# linear bow press plans



## ymurf (Feb 4, 2010)

pm sent.


----------



## wvengineer (Oct 26, 2010)

ymurf said:


> pm sent.


Could you add me to that PM list.

Thanks.


----------



## rutfest (Aug 13, 2006)

wvengineer said:


> Could you add me to that PM list.
> 
> Thanks.


Can I join the PM group? The info would be great!


----------



## ymurf (Feb 4, 2010)

rutfest said:


> Can I join the PM group? The info would be great!

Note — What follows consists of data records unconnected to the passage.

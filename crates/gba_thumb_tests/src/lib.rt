#![tactic(auto)]
//! Tests of Thumb execution over a small memory whose prices of code go by address and width.

#[cfg(test)]
mod processing;
#[cfg(test)]
mod program_counter;
#[cfg(test)]
mod regions;
#[cfg(test)]
mod start;
#[cfg(test)]
mod transfers;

I just sent a couple links that helped me build mine,First has the parts I ordered except the square tubing which I got from McMaster Carr..Second is the press I built mine from.and third is a link to mine that I built.Any other info you need just pm me.
http://www.archerytalk.com/vb/showthread.php?t=1135103
http://www.archerytalk.com/vb/showthread.php?t=1090763
http://www.archerytalk.com/vb/showthread.php?t=1140435


----------



## jlnel (Dec 22, 2009)

thanks



ymurf said:


> I just sent a couple links that helped me build mine,First has the parts I ordered except the square tubing which I got from McMaster Carr..Second is the press I built mine from.and third is a link to mine that I built.Any other info you need just pm me.
> http://www.archerytalk.com/vb/showthread.php?t=1135103
> http://www.archerytalk.com/vb/showthread.php?t=1090763
> http://www.archerytalk.com/vb/showthread.php?t=1140435


----------



## NEWYORKHILLBILLY (Nov 17, 2007)

This thread has plans 

http://www.archerytalk.com/vb/showthread.php?t=1154537


----------



## joelkr (Dec 15, 2010)

Could you please post a drawing of the fingers you made i would like to make some, they look like they will work on my Athens Ibex?


----------



## ymurf (Feb 4, 2010)

Dont remember the link on here but if you do a search here you should find the dxf file.


----------



## ymurf (Feb 4, 2010)

Had a few people ask for the dxf file for fingers.It wasnt my dxf file.It is on this site someplace.I just modified it to my likeing.had some people ask if I liked my aluminum fingers on my press and yes,I have had no trouble with them.If your going to make them just dont use cast aluminum,it may work but think it may be to brittle.Make sure you use a T-76 or something like that. Original EZ Press has aluminum fingers and Havnt heard of any shops having any trouble. I even did a test on mine,I took my fingers and mounted them on a rod on a 2x6 just like on my press and put a winch on the other end on the 2x6. I put a 300# scale in between and winched them with a rod where the limbs would hit on the fingers. I bottomed out the 300# scale with no trouble,Then took the scale out and winched even more,Probably close to 500# with no trouble at all.Our engineer at work said you could probably go to 800#-1000# with no trouble..So if your using aluminum it will be fine..I hear EZ Press is coming out with a $399 press in march..Unless you like making your own stuff you may just want to wait for that,thats a pretty good price.


----------



## roaddogjru (Aug 18, 2008)

I sell the Worm Gear Drive Unit and a complete set of plans for a take-down linear bow press for $130 delivered. The press can be taken apart with 6 bolts and packed into a 6 x 6x 30 inch carton. I also sell the complete press for $400 delivered. If interested I will send you a brochure. E-mail me.

Thanks
Jan
[email protected]


----------



## ymurf (Feb 4, 2010)

roaddogjru said:


> I sell the Worm Gear Drive Unit and a complete set of plans for a take-down linear bow press for $130 delivered. The press can be taken apart with 6 bolts and packed into a 6 x 6x 30 inch carton. I also sell the complete press for $400 delivered. If interested I will send you a brochure. E-mail me.
> 
> Thanks
> Jan
> [email protected]


Id be careful about posting something like this.


----------



## MBXXX (Feb 25, 2010)

What he said......


----------